Reproduce all the data, character for character.

__Data__
====
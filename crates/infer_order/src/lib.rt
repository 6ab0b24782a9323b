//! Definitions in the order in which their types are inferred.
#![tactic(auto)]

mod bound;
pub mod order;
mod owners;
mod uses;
====
__Response area__
filename crates/infer_order/src/lib.rt
repository 6ab0b24782a9323b
//! Definitions in the order in which their types are inferred.
#![tactic(auto)]

mod bound;
pub mod order;
mod owners;
mod uses;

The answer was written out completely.